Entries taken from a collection
----

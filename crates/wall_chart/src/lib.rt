//! The wall chart: one day of a plan as a text for people. It knows nothing of requests, histories,
//! and heads of replies.
#![tactic(auto)]

mod alarms;
mod cells;
mod dates;
mod parts;
mod rows;
mod slots;
mod times;
mod unplaced;
mod whole;

pub use rows::{push_part, push_rule};
pub use times::{push_number, push_time};
pub use whole::chart;
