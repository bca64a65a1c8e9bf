// The lines of the parts that hold a stand on a day.
ghost use Rattle.std.specs.Prelude.{◌≡◌, ◌≤◌, ◌++◌, IfOk, OnOk};
ghost use Rattle.visit_book.specs.Places.{stand_of};
ghost use Rattle.wall_chart.specs.Chart.{part_lines};
ghost use Rattle.wall_chart.specs.Parts.{fact_text, part_line, parts_of_day, place_text, stand_number};

use crate::rows::{push_row, push_stand};
use apron_base::Memory;
use apron_rules::{Airport, AirportParts};
use plan_core::Plan;
use plan_lists::held_on;
use std::alloc::Global;
use visit_book::{PartRow, Place, is_actual};

/// Writes the lines of the parts that hold a stand on the day at the end.
pub(crate) fn push_part_lines(
    alloc: Global,
    text: &mut Vec<u8>,
    airport: &Airport,
    plan: &Plan,
    day: u32,
) -> Result<(), Memory>
    requires airport { airport.now ≡ plan.now.plan.airport }
    requires first { 1 ≤ day }
    requires last { day ≤ airport.now.days }
    ensures text { OnOk result
        (text.new.items ≡ text.old.items ++ part_lines airport.now plan.now.plan day) }
{
    text.extend_from_slice(b"PARTS\n")?;
    let rows = parts_of_day(alloc, airport, plan, day)?;
    for row in &rows {
        push_part_line(text, airport.parts(), plan, row)?;
    }
    Ok(())
}

fn parts_of_day(
    alloc: Global,
    airport: &Airport,
    plan: &Plan,
    day: u32,
) -> Result<Vec<PartRow>, Memory>
    requires airport { airport.now ≡ plan.now.plan.airport }
    requires first { 1 ≤ day }
    requires last { day ≤ airport.now.days }
    ensures are { IfOk result (λ rows. rows.items ≡ parts_of_day plan.now.plan day) }
{
    let mut rows = held_on(alloc, airport, plan, day)?.into_vec();
    rows.sort_by_key(|row| (stand_number(&row.part.place), row.part.from, row.id))?;
    Ok(rows)
}

fn stand_number(place: &Place) -> u16
    ensures is { result ≡ stand_number (stand_of place.now) }
{
    match *place {
        Place::Planned(stand) | Place::Actual(stand) => stand.0,
        Place::Unplaced(_) => 0,
    }
}

pub(crate) fn push_part_line(
    text: &mut Vec<u8>,
    airport: &AirportParts,
    plan: &Plan,
    row: &PartRow,
) -> Result<(), Memory>
    ensures text { OnOk result
        (text.new.items ≡ text.old.items ++ part_line airport.now plan.now.plan.visits row.now) }
{
    push_place(text, airport, &row.part.place)?;
    text.push(b' ')?;
    push_row(text, airport, plan, row)?;
    text.push(b' ')?;
    text.extend_from_slice(fact_text(is_actual(&row.part.place)).as_bytes())?;
    text.push(b'\n')?;
    Ok(())
}

fn fact_text(actual: bool) -> &'static str
    ensures text { result.now ≡ fact_text actual }
{
    if actual { "actual" } else { "planned" }
}

fn push_place(text: &mut Vec<u8>, airport: &AirportParts, place: &Place) -> Result<(), Memory>
    ensures text { OnOk result
        (text.new.items ≡ text.old.items ++ place_text airport.now (stand_of place.now)) }
{
    match *place {
        Place::Planned(stand) | Place::Actual(stand) => push_stand(text, airport, stand),
        Place::Unplaced(_) => Ok(()),
    }
}
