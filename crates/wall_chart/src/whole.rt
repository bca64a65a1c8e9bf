// The wall chart of a day.
ghost use Rattle.std.specs.Prelude.{◌≡◌, ◌≤◌, ◌<◌, ◌++◌, IfOk, OnOk};
ghost use Rattle.apron_rules.specs.Rules.{IsAirport};
ghost use Rattle.wall_chart.specs.Chart.{chart_first_line, chart_text, title_text};

use crate::alarms::push_alarm_lines;
use crate::cells::push_stand_lines;
use crate::dates::push_date;
use crate::parts::push_part_lines;
use crate::times::push_number;
use crate::unplaced::push_unplaced_lines;
use apron_base::{Listed, Memory, Steps};
use apron_rules::{Airport, AirportParts};
use plan_core::Plan;
use std::alloc::Global;
use std::marker::Brand;
use std::sync::ledger::{Blank, Ledger};

/// The chart of a day of the plan, counted from 1, as a text whose lines all end with a line feed:
/// the first line, a line with 96 cells for each stand, the parts that hold a stand on the day,
/// those that wait for one, the alarms, and the end. The form is this project's own. The only error
/// is a lack of memory.
pub fn chart(alloc: Global, airport: &Airport, plan: &Plan, day: u32) -> Result<Listed<u8>, Memory>
    requires airport { airport.now ≡ plan.now.plan.airport }
    requires first { 1 ≤ day }
    requires last { day ≤ airport.now.days }
    ensures text { IfOk result (λ text. text ≡ chart_text airport.now plan.now.plan day) }
{
    chart_from::<Brand>(alloc, airport, plan, day, Blank::new(1))
}

// The same, with a count of the steps of its looks into the plan's index. Nobody reads it.
fn chart_from<L: Ledger>(
    alloc: Global,
    airport: &Airport,
    plan: &Plan,
    day: u32,
    blank: Blank,
) -> Result<Listed<u8>, Memory>
    requires airport { airport.now ≡ plan.now.plan.airport }
    requires first { 1 ≤ day }
    requires last { day ≤ airport.now.days }
    requires name { blank.name ≡ L.name }
    requires parts { blank.parts ≡ L.parts }
    requires open { 0 < L.parts }
    ensures text { IfOk result (λ text. text ≡ chart_text airport.now plan.now.plan day) }
{
    let parts = airport.parts();
    let mut steps = Steps::<L>::new(blank);
    let mut text = Vec::new(alloc);
    push_chart_first_line(&mut text, parts, plan.version(), day)?;
    push_stand_lines(alloc, &mut text, parts, plan, day, &mut steps)?;
    push_part_lines(alloc, &mut text, airport, plan, day)?;
    push_unplaced_lines(alloc, &mut text, parts, plan, day)?;
    push_alarm_lines(alloc, &mut text, airport, plan, day, &mut steps)?;
    text.extend_from_slice(b"END\n")?;
    Ok(Listed::from_vec(text))
}

fn push_chart_first_line(
    text: &mut Vec<u8>,
    airport: &AirportParts,
    version: u32,
    day: u32,
) -> Result<(), Memory>
    requires airport { IsAirport airport.now }
    requires day { day ≤ airport.now.days }
    ensures text { OnOk result
        (text.new.items ≡ text.old.items ++ chart_first_line airport.now version day) }
{
    push_title(text, airport, day)?;
    text.extend_from_slice(b" VERSION ")?;
    push_number(text, version)?;
    text.push(b'\n')?;
    Ok(())
}

fn push_title(text: &mut Vec<u8>, airport: &AirportParts, day: u32) -> Result<(), Memory>
    requires airport { IsAirport airport.now }
    requires day { day ≤ airport.now.days }
    ensures text { OnOk result (text.new.items ≡ text.old.items ++ title_text airport.now day) }
{
    text.extend_from_slice(b"STAND CHART ")?;
    text.extend_from_slice(airport.station.bytes())?;
    text.push(b' ')?;
    push_date(text, airport.first, day)?;
    Ok(())
}
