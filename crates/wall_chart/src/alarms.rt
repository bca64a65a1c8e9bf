// The alarms: actual parts that clash on a day.
ghost use Rattle.std.specs.Prelude.{◌≡◌, ◌≤◌, ◌++◌, true, Contains, IfOk, IfSome, OnOk, map};
ghost use Rattle.std.specs.List.{flat_map};
ghost use Rattle.apron_rules.specs.declared.limits.TheConstants.{MAX_DAYS};
ghost use Rattle.visit_book.specs.Slots.{slots_of};
ghost use Rattle.wall_chart.specs.Alarms.{alarm_head, alarms, alarms_with, is_in_order};
ghost use Rattle.wall_chart.specs.KeptAlarms.{alarms_in, clash_of, kept_line};
ghost use Rattle.wall_chart.specs.Chart.{alarm_lines};

use crate::rows::{push_part, push_rule};
use crate::slots::actual_slots;
use crate::times::{day_start, push_time};
use apron_base::{Memory, Minute, PartId, Slot, Steps, VisitNo};
use apron_rules::{Airport, Clash, Rule};
use clash_check::clashes_within;
use plan_core::Plan;
use plan_lists::DAY_LENGTH;
use std::alloc::Global;
use std::sync::ledger::Ledger;

// The most bytes of a line, in a plan of 28 days and 20,000 visits.
const LINE_LENGTH: usize = b"28/2359 20000.3 20000.3 clearance\n".len();

// A clash in 16 bytes in place of 24: thousands of aircraft on one stand make millions of alarms.
#[derive(Clone, Copy)]
struct Alarm {
    minute: Minute,
    a: VisitNo,
    b: VisitNo,
    a_part: u8,
    b_part: u8,
    rule: Rule,
}

/// Writes the lines of the day's alarms at the end.
pub(crate) fn push_alarm_lines<L: Ledger>(
    alloc: Global,
    text: &mut Vec<u8>,
    airport: &Airport,
    plan: &Plan,
    day: u32,
    steps: &mut Steps<L>,
) -> Result<(), Memory>
    requires airport { airport.now ≡ plan.now.plan.airport }
    requires first { 1 ≤ day }
    requires last { day ≤ MAX_DAYS }
    ensures text { OnOk result
        (text.new.items
        ≡ text.old.items
        ++ alarm_lines airport.now (slots_of airport.now plan.now.plan.visits) day) }
{
    text.extend_from_slice(b"ALARMS\n")?;
    let found = alarms(alloc, airport, plan, day, steps)?;
    push_lines(alloc, text, &found)
}

// Writes the lines of alarms at the end. The alarms of one part at one minute follow each other, so
// the text with which their lines begin is made once.
fn push_lines(alloc: Global, text: &mut Vec<u8>, found: &[Alarm]) -> Result<(), Memory>
    ensures text { OnOk result (text.new.items ≡ text.old.items ++ flat_map kept_line found.now) }
{
    text.reserve(found.len().saturating_mul(LINE_LENGTH))?;
    let mut head = Vec::new(alloc);
    let mut last = None;
    for alarm in found {
        set_head(&mut head, last, alarm)?;
        push_line(text, &head, alarm)?;
        last = Some(alarm);
    }
    Ok(())
}

// Changes the head of the last alarm's line into that of this one. Mostly they are the same.
fn set_head(head: &mut Vec<u8>, last: Option<&Alarm>, alarm: &Alarm) -> Result<(), Memory>
    requires last { IfSome last (λ last. head.old.items ≡ alarm_head (clash_of last.now)) }
    ensures head { OnOk result (head.new.items ≡ alarm_head (clash_of alarm.now)) }
{
    if let Some(last) = last {
        if last.minute == alarm.minute && last.a == alarm.a && last.a_part == alarm.a_part {
            return Ok(());
        }
    }
    head.clear();
    push_head(head, alarm)
}

fn push_head(text: &mut Vec<u8>, alarm: &Alarm) -> Result<(), Memory>
    ensures text { OnOk result
        (text.new.items ≡ text.old.items ++ alarm_head (clash_of alarm.now)) }
{
    push_time(text, alarm.minute)?;
    text.push(b' ')?;
    push_part(
        text,
        PartId {
            visit: alarm.a,
            part: alarm.a_part,
        },
    )?;
    text.push(b' ')?;
    Ok(())
}

fn push_line(text: &mut Vec<u8>, head: &[u8], alarm: &Alarm) -> Result<(), Memory>
    requires head { head.now ≡ alarm_head (clash_of alarm.now) }
    ensures text { OnOk result (text.new.items ≡ text.old.items ++ kept_line alarm.now) }
{
    text.extend_from_slice(head)?;
    push_part(
        text,
        PartId {
            visit: alarm.b,
            part: alarm.b_part,
        },
    )?;
    text.push(b' ')?;
    push_rule(text, alarm.rule)?;
    text.push(b'\n')?;
    Ok(())
}

// The actual slots come in order of the visits. The slots that clash with each are looked for near
// it in the index.
fn alarms<L: Ledger>(
    alloc: Global,
    airport: &Airport,
    plan: &Plan,
    day: u32,
    steps: &mut Steps<L>,
) -> Result<Vec<Alarm>, Memory>
    requires airport { airport.now ≡ plan.now.plan.airport }
    requires first { 1 ≤ day }
    requires last { day ≤ MAX_DAYS }
    ensures are { IfOk result (λ found. map clash_of found.items
        ≡ alarms airport.now day (slots_of airport.now plan.now.plan.visits)) }
{
    let slots = actual_slots(alloc, airport, plan.visits(), day)?;
    let mut found = Vec::new(alloc);
    for slot in &slots {
        push_alarms_with(alloc, &mut found, airport, plan, day, slot, steps)?;
    }
    found.sort_by_key(|alarm| {
        let a = PartId {
            visit: alarm.a,
            part: alarm.a_part,
        };
        let b = PartId {
            visit: alarm.b,
            part: alarm.b_part,
        };
        (alarm.minute, a, b)
    })?;
    Ok(found)
}

// Of two slots that clash, the one of the smaller part gives the alarm. Neither is planned, since
// the plan is sound.
fn push_alarms_with<L: Ledger>(
    alloc: Global,
    found: &mut Vec<Alarm>,
    airport: &Airport,
    plan: &Plan,
    day: u32,
    slot: &Slot,
    steps: &mut Steps<L>,
) -> Result<(), Memory>
    requires airport { airport.now ≡ plan.now.plan.airport }
    requires slot { Contains (slots_of airport.now plan.now.plan.visits) slot.now }
    requires actual { slot.now.actual ≡ true }
    requires first { 1 ≤ day }
    requires last { day ≤ MAX_DAYS }
    ensures ok { OnOk result
        (map clash_of found.new.items
        ≡ map clash_of found.old.items
        ++ alarms_with airport.now day (slots_of airport.now plan.now.plan.visits) slot.now) }
{
    let start = day_start(day);
    let end = start + DAY_LENGTH;
    let clashes = clashes_within(alloc, airport, plan.index(), slot, start, end, steps)?;
    push_in_order(found, clashes.as_slice())
}

// Adds those of which the first part is the smaller one at the end.
fn push_in_order(found: &mut Vec<Alarm>, clashes: &[Clash]) -> Result<(), Memory>
    ensures ok { OnOk result (map clash_of found.new.items
        ≡ map clash_of found.old.items ++ flat_map alarms_in clashes.now) }
{
    for clash in clashes {
        push_if_in_order(found, clash)?;
    }
    Ok(())
}

fn push_if_in_order(found: &mut Vec<Alarm>, clash: &Clash) -> Result<(), Memory>
    ensures ok { OnOk result
        (map clash_of found.new.items ≡ map clash_of found.old.items ++ alarms_in clash.now) }
{
    if is_in_order(clash) {
        found.push(alarm_of(clash))?;
    }
    Ok(())
}

fn alarm_of(clash: &Clash) -> Alarm
    ensures is { clash_of result ≡ clash.now }
{
    Alarm {
        minute: clash.minute,
        a: clash.a.visit,
        b: clash.b.visit,
        a_part: clash.a.part,
        b_part: clash.b.part,
        rule: clash.rule,
    }
}

fn is_in_order(clash: &Clash) -> bool
    ensures is { result ≡ is_in_order clash.now }
{
    clash.a < clash.b
}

----

TASK
All lines above from the line with "push_line(text, &head, alarm)?;" through the line with "IfSome last (λ", both included, are to be set down exactly, with nothing else.

RESPONSE BELOW
        push_line(text, &head, alarm)?;
        last = Some(alarm);
    }
    Ok(())
}

// Changes the head of the last alarm's line into that of this one. Mostly they are the same.
fn set_head(head: &mut Vec<u8>, last: Option<&Alarm>, alarm: &Alarm) -> Result<(), Memory>
    requires last { IfSome last (λ last. head.old.items ≡ alarm_head (clash_of last.now)) }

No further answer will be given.